WORK INSTRUCTIONS. Using the listing below, print exactly everything from the line with "byte in RAM." down to the line with "if size < past", both included, and nothing more.

DATA.
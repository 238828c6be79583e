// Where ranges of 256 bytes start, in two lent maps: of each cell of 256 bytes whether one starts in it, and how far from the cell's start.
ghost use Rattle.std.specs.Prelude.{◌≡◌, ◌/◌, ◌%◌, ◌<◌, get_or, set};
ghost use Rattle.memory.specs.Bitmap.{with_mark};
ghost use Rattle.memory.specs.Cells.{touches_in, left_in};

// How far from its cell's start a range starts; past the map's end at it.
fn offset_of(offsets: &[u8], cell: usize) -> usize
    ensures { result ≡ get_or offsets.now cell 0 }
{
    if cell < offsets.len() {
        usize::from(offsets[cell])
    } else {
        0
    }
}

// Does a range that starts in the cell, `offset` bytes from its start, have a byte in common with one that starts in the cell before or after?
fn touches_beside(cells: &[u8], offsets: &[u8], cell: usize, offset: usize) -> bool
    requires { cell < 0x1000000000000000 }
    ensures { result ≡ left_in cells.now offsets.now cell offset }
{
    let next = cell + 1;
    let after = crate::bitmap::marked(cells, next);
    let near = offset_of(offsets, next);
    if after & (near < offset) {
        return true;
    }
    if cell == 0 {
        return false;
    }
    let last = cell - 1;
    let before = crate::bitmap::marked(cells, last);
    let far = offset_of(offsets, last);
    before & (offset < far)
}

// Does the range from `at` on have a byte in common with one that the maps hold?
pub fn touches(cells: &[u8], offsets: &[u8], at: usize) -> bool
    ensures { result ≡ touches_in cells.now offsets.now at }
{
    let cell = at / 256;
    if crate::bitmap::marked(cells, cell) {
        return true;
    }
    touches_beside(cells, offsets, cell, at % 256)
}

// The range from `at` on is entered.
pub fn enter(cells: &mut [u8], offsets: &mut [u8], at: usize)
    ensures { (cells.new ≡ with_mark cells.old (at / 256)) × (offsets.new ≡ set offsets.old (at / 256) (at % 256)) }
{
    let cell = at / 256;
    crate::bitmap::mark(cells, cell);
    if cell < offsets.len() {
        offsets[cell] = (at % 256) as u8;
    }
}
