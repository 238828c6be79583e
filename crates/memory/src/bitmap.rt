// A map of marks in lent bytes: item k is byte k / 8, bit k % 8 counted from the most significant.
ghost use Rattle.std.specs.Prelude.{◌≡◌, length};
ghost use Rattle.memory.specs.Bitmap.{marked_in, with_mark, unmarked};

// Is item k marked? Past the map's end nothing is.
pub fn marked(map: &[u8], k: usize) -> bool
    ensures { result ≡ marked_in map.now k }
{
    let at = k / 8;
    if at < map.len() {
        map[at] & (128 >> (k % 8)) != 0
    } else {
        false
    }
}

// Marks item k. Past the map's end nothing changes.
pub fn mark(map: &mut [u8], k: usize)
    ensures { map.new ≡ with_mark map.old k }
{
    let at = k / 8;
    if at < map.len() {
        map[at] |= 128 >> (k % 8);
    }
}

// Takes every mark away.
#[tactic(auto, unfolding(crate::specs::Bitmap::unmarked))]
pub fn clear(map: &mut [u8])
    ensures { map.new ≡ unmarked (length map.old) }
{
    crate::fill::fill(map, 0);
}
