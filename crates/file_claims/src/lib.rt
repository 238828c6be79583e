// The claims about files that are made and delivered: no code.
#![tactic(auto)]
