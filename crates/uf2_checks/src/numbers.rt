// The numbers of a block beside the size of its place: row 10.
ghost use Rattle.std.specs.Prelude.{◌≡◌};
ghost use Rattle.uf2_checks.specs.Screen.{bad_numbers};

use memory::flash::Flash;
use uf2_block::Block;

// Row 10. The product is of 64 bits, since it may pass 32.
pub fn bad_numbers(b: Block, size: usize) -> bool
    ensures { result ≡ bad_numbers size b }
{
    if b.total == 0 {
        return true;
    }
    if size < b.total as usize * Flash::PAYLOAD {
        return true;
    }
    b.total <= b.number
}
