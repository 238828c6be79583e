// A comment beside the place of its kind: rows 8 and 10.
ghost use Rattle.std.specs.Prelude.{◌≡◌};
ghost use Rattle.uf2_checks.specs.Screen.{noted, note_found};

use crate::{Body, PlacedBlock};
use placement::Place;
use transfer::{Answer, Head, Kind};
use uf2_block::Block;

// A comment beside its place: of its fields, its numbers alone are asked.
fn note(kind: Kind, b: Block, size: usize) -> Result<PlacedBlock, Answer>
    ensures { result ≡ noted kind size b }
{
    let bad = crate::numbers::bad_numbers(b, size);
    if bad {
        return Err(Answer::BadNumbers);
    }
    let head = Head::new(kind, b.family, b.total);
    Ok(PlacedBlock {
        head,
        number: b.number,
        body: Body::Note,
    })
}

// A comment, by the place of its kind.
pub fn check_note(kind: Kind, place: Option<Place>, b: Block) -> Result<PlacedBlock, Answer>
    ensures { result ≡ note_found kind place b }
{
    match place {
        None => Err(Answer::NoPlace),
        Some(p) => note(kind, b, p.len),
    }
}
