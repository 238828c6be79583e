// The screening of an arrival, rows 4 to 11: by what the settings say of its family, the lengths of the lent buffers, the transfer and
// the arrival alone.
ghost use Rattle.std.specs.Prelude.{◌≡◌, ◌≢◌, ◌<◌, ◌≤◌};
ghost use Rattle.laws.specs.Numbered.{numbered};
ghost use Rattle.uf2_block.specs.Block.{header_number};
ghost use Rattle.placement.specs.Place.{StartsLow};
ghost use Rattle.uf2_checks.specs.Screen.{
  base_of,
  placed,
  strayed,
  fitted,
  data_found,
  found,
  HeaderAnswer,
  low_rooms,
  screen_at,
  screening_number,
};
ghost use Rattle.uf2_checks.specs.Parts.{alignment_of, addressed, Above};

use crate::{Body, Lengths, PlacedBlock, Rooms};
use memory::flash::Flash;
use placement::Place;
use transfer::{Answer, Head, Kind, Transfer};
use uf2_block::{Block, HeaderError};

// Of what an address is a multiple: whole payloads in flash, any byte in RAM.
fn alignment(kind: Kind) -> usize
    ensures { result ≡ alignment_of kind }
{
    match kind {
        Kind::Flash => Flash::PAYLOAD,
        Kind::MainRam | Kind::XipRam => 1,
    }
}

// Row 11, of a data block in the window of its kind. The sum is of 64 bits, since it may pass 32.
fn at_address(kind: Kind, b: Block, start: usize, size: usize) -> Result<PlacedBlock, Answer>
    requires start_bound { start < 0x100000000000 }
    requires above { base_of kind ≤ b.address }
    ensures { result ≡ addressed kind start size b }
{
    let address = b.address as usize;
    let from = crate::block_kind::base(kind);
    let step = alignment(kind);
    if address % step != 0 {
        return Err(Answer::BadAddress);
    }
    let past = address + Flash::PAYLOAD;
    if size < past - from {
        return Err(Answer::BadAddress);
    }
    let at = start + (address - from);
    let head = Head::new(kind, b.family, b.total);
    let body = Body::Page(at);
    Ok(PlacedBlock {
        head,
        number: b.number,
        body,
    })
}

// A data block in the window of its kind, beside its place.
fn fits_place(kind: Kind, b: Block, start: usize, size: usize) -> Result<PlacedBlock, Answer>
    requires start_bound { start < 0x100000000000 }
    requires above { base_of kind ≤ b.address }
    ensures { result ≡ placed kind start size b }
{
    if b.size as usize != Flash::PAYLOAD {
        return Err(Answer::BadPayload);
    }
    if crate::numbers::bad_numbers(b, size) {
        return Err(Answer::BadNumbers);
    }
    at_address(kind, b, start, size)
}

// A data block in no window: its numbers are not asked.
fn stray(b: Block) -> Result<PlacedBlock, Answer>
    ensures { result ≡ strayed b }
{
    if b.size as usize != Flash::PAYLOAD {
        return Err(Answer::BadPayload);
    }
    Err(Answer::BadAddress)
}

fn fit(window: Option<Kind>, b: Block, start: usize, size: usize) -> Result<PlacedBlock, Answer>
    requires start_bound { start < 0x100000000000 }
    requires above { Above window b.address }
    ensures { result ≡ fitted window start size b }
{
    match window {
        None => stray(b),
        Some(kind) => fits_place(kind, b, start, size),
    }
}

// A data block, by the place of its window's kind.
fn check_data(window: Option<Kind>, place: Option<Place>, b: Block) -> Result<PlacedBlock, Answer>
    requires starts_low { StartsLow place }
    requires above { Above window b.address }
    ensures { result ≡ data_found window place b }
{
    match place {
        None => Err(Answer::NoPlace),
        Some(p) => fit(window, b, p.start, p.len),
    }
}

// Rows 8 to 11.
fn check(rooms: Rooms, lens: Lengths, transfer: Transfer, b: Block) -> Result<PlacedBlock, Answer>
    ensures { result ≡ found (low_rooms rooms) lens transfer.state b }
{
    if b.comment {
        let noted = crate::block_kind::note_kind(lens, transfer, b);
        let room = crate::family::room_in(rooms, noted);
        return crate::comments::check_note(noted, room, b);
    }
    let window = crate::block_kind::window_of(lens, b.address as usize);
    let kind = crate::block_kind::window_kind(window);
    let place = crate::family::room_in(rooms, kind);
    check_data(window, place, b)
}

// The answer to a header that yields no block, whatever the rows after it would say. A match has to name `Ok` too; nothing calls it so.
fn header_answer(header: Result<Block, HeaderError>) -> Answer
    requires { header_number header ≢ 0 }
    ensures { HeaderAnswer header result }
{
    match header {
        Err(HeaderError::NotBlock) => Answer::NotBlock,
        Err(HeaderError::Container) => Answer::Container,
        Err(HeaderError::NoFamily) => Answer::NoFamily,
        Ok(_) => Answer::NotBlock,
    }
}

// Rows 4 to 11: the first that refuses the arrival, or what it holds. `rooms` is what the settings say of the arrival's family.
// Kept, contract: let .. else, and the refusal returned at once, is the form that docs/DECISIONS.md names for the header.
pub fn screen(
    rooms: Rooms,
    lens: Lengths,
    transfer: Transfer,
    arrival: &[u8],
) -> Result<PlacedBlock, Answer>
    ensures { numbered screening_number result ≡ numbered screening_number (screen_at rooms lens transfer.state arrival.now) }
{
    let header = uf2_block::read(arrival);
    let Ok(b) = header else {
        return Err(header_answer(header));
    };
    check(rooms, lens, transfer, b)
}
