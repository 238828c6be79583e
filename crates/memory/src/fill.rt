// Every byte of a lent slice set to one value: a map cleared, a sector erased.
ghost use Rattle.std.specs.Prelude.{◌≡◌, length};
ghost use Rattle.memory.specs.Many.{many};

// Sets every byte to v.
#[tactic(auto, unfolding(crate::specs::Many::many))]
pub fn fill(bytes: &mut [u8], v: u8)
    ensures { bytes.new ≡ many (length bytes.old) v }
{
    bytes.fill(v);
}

EXERCISE RESULT.
// Of what an address is a multiple: whole payloads in flash, any byte in RAM.
fn alignment(kind: Kind) -> usize
    ensures { result ≡ alignment_of kind }
{
    match kind {
        Kind::Flash => Flash::PAYLOAD,
        Kind::MainRam | Kind::XipRam => 1,
    }
}

// Row 11, of a data block in the window of its kind. The sum is of 64 bits, since it may pass 32.
fn at_address(kind: Kind, b: Block, start: usize, size: usize) -> Result<PlacedBlock, Answer>
    requires start_bound { start < 0x100000000000 }
    requires above { base_of kind ≤ b.address }
    ensures { result ≡ addressed kind start size b }
{
    let address = b.address as usize;
    let from = crate::block_kind::base(kind);
    let step = alignment(kind);
    if address % step != 0 {
        return Err(Answer::BadAddress);
    }
    let past = address + Flash::PAYLOAD;
    if size < past - from {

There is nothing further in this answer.